The Credit Agreement also contains customary representations and warranties and customary affirmative and negative covenants applicable to the Borrower and its restricted subsidiaries, including, among other things, restrictions on indebtedness, liens, investments, mergers, dispositions, prepayment of junior indebtedness and dividends and other distributions. The Credit Agreement contains financial covenants that require the Borrower and its restricted subsidiaries to (a) not exceed a maximum first lien secured net leverage ratio of 3.00 to 1.00 at the end of each fiscal quarter and (b) not fall below a minimum interest coverage ratio of 3.00 to 1.00 at the end of each fiscal quarter, provided that such covenants apply only to the 2022 Revolver and the 2022 Term Loan A Facility. If we consummate certain qualifying acquisitions during the term of the loan, the maximum first lien secured net leverage ratio covenant would increase to 3.25 to 1.00 for such quarter and the three following fiscal quarters
thereafter. The Credit Agreement also contains customary events of default relating to, among other things, failure to make payments, breach of covenants and breach of representations.

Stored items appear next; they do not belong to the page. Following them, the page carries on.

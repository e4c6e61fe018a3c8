/// At most two items, in order.
#[derive(Clone, Copy, Debug)]
pub enum UpToTwo<T> {
    Zero,
    One(T),
    Two(T, T),
}
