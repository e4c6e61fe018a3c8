ghost use Rattle.kts_machine.specs.ProgressLaws.{WholeRunsAreRuns, StoppedRunsAreRuns, RunsKeepTheirBudget, RunsStopForCause};

/// How far a run goes is told by the run of the definitions: its state, its steps and its longest path. It stops for a cause, and not before.
pub fn progress_law()
    ensures whole { WholeRunsAreRuns }
    ensures stopped { StoppedRunsAreRuns }
    ensures budget { RunsKeepTheirBudget }
    ensures cause { RunsStopForCause }
{}
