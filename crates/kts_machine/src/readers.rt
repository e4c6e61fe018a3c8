ghost use Rattle.std.specs.Prelude.{◌≡◌, ◌<◌, true, IfOk};
ghost use Rattle.kts_code.specs.Queues.{readers};
ghost use Rattle.kts_code.specs.Setups.{setup_of};
ghost use Rattle.kts_index.specs.Pairs.{pairs};
ghost use Rattle.kts_machine.specs.KeptReaders.{AreReaders};
ghost use Rattle.kts_mean.specs.Bounds.{AreOffsets};
ghost use Rattle.kts_spec.specs.Data.{is_valid};
ghost use Rattle.kts_spec.specs.Places.{cell_count};
ghost use Rattle.kts_spec.specs.Worlds.{world_of};

use crate::offsets::Offsets;
use crate::up_to_two::UpToTwo;
use kts_base::{List, NoMemory};
use kts_code::Code;
use kts_spec::Instance;
use std::alloc::Global;

/// The most tasks of which a machine keeps what cells wake, and what they do.
pub const MAX_KEPT_TASKS: usize = 16_384;

/// The most tasks in the lists that a machine keeps.
const MAX_READERS: usize = 65_536;

/// The tasks that each cell wakes, of so many, up to the cell with which the lists get too long.
pub fn kept_readers(
    alloc: Global,
    code: &Code,
    inst: &Instance,
    offsets: &Offsets,
    cells: usize,
    tasks: usize,
) -> Result<List<List<u32>>, NoMemory>
    requires valid { is_valid code.now.schema inst.now ≡ true }
    requires offsets { AreOffsets (world_of code.now.schema inst.now) offsets.now }
    requires cells { cells ≡ cell_count (world_of code.now.schema inst.now) code.now.schema.choices }
    ensures { IfOk result (λ lists. AreReaders code.now inst.now lists) }
{
    let mut lists = List::new(alloc);
    if tasks > MAX_KEPT_TASKS {
        return Ok(lists);
    }
    let mut total = 0;
    for k in 0..cells {
        let list = readers_of(alloc, code, inst, offsets, k)?;
        total += list.len();
        if total > MAX_READERS {
            return Ok(lists);
        }
        lists.push(list)?;
    }
    Ok(lists)
}

/// The tasks that a cell wakes.
fn readers_of(
    alloc: Global,
    code: &Code,
    inst: &Instance,
    offsets: &Offsets,
    k: usize,
) -> Result<List<u32>, NoMemory>
    requires valid { is_valid code.now.schema inst.now ≡ true }
    requires offsets { AreOffsets (world_of code.now.schema inst.now) offsets.now }
    requires within { k < cell_count (world_of code.now.schema inst.now) code.now.schema.choices }
    ensures { IfOk result (λ list. list ≡ readers (setup_of code.now inst.now) k) }
{
    let (x, tuple) = offsets.owner(code.schema(), inst, k);
    let choice = x as u32;
    match tuple {
        UpToTwo::Zero => readers_at(alloc, code, inst, choice, &[]),
        UpToTwo::One(member) => readers_at(alloc, code, inst, choice, &[member]),
        UpToTwo::Two(first, last) => readers_at(alloc, code, inst, choice, &[first, last]),
    }
}

/// The tasks that the cell of a choice at these members wakes.
fn readers_at(
    alloc: Global,
    code: &Code,
    inst: &Instance,
    choice: u32,
    tuple: &[usize],
) -> Result<List<u32>, NoMemory>
    requires { is_valid code.now.schema inst.now ≡ true }
    ensures { IfOk result (λ list. list ≡ pairs code.now.index code.now.schema inst.now choice tuple.now) }
{
    let mut list = List::new(alloc);
    for task in code.index().tasks_of(code.schema(), inst, choice, tuple) {
        list.push(task)?;
    }
    Ok(list)
}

During the three and six months ended July 1, 2023, principal repayments of $9.0 million and $14.9 million were made on the 2022 Term Loan A Facility and 2022 Term Loan B Facility, respectively.

There were no borrowings outstanding under the 2022 Revolver as of July 1, 2023 or December 31, 2022, respectively.

We are in compliance with all the covenants under our debt agreements as of July 1, 2023.

Other Financing

We have overdraft facilities available that we use to support our cash management operations. We report any balances outstanding under such facilities in the above table under "Other financing". There were no borrowings outstanding under the overdraft facilities as of July 1, 2023 or December 31, 2022.

We have financing leases that are reported in the above table under "Other financing" (refer to Note 7).